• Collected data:
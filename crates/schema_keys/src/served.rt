//! Which constraints and options of a table are served.
ghost use Rattle.std.specs.Prelude.{◌↔◌, All, IsTrue, map, option_map, string_bytes};
ghost use Rattle.std.specs.List.{Any};
ghost use Rattle.sql_reader_grammar.specs.create_trees.CreateView.{column_of, indexed_of, table_constraint_of};
ghost use Rattle.schema_keys.specs.Created.{AreColumns, AreOptions, IsBinary, IsNamedIn, IsPlainKeyColumn, IsRowless, IsServedIn};
ghost use Rattle.schema_keys.specs.Names.{AreDistinct, IsSameName};

use crate::created::{is_named, is_same_name};
use sql_reader_grammar::{
    Column as ColumnDefinition, IndexedColumn, KeyOrder, TableConstraint, TableOption,
};

/// Whether STRICT stands behind the columns, alone or beside WITHOUT ROWID. (STRICT Tables; WITHOUT ROWID Tables)
pub(crate) fn are_options(options: &[TableOption]) -> bool
    ensures { IsTrue result ↔ AreOptions options.now }
{
    matches!(
        options,
        [TableOption::Strict]
            | [TableOption::Strict, TableOption::WithoutRowid]
            | [TableOption::WithoutRowid, TableOption::Strict]
    )
}

/// Whether a table of these options has no rowids. (WITHOUT ROWID Tables)
pub fn is_rowless(options: &[TableOption]) -> bool
    ensures { IsTrue result ↔ IsRowless options.now }
{
    options
        .iter()
        .any(|option| matches!(option, TableOption::WithoutRowid))
}

/// Whether one of the names is this one.
pub(crate) fn contains(names: &[String], name: &str) -> bool
    ensures { IsTrue result ↔ Any (λ n. IsSameName (string_bytes n) name.now) names.now }
{
    names.iter().any(|other| is_same_name(other.as_str(), name))
}

/// Whether no two of the names are the same.
fn are_different(names: &[String]) -> bool
    ensures { IsTrue result ↔ AreDistinct (map (λ n. string_bytes n) names.now) }
{
    for (place, name) in names.iter().enumerate() {
        if contains(&names[..place], name.as_str()) {
            return false;
        }
    }
    true
}

/// Whether this is the name of a column.
fn is_column(columns: &[ColumnDefinition], name: &str) -> bool
    ensures { IsTrue result ↔ IsNamedIn (map column_of columns.now) name.now }
{
    is_named(columns, name)
}

/// Whether each of the names is that of a column.
fn are_named(columns: &[ColumnDefinition], names: &[String]) -> bool
    ensures { IsTrue result ↔ All (λ n. IsNamedIn (map column_of columns.now) (string_bytes n)) names.now }
{
    names.iter().all(|name| is_column(columns, name.as_str()))
}

/// Whether these are columns of a table, each once.
pub(crate) fn are_columns(columns: &[ColumnDefinition], names: &[String]) -> bool
    ensures { IsTrue result ↔ AreColumns (map column_of columns.now) (map (λ n. string_bytes n) names.now) }
{
    are_named(columns, names) && are_different(names)
}

/// Whether no collation is written, or BINARY.
pub fn is_binary(collation: &Option<String>) -> bool
    ensures { IsTrue result ↔ IsBinary (option_map (λ n. string_bytes n) collation.now) }
{
    match collation {
        Some(name) => is_same_name(name.as_str(), "BINARY"),
        None => true,
    }
}

/// Whether a column of a key is in the order of its values.
fn is_plain(column: &IndexedColumn) -> bool
    ensures { IsTrue result ↔ IsPlainKeyColumn (indexed_of column.now) }
{
    is_binary(&column.collation) && column.order == KeyOrder::Ascending
}

/// Whether each of these columns is.
fn are_plain(key: &[IndexedColumn]) -> bool
    ensures { IsTrue result ↔ All IsPlainKeyColumn (map indexed_of key.now) }
{
    key.iter().all(|column| is_plain(column))
}

/// Whether a constraint of a table has no order but that of values, and names columns of the table. (CREATE TABLE)
fn is_served_in(columns: &[ColumnDefinition], constraint: &TableConstraint) -> bool
    ensures { IsTrue result ↔ IsServedIn (map column_of columns.now) (table_constraint_of constraint.now) }
{
    match constraint {
        TableConstraint::PrimaryKey(key) => are_plain(key.as_slice()),
        TableConstraint::Unique(key) => are_plain(key.as_slice()),
        TableConstraint::Check => true,
        TableConstraint::ForeignKey(names) => are_columns(columns, names.as_slice()),
    }
}

/// Whether each of these constraints does.
pub(crate) fn constraints_are_served(
    columns: &[ColumnDefinition],
    constraints: &[TableConstraint],
) -> bool
    ensures { IsTrue result ↔ All (λ x. IsServedIn (map column_of columns.now) (table_constraint_of x)) constraints.now }
{
    constraints
        .iter()
        .all(|constraint| is_served_in(columns, constraint))
}
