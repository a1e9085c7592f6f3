//! The rows of SELECTs that UNION, UNION ALL, INTERSECT and EXCEPT combine. Where UNION ALL alone combines
//! SELECTs without DISTINCT they are given one by one.
//!
//! Its modules, in order: `sets` (rows, each once, and marks of those that were met), `gathered` (the rows of
//! a stream), `arms` (those of each SELECT, combined) and `chained` (rows that are given one by one).
mod arms;
mod chained;
mod gathered;
mod sets;

pub(crate) use arms::arms_rows;
pub use chained::{ChainedResults, are_all};
pub(crate) use chained::{ArmsInTurn, opened};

• Assignment:
Lines containing the word "chained" are to be located in the entries and copied.

• The completed task:
//! a stream), `arms` (those of each SELECT, combined) and `chained` (rows that are given one by one).
mod chained;
pub use chained::{ChainedResults, are_all};
pub(crate) use chained::{ArmsInTurn, opened};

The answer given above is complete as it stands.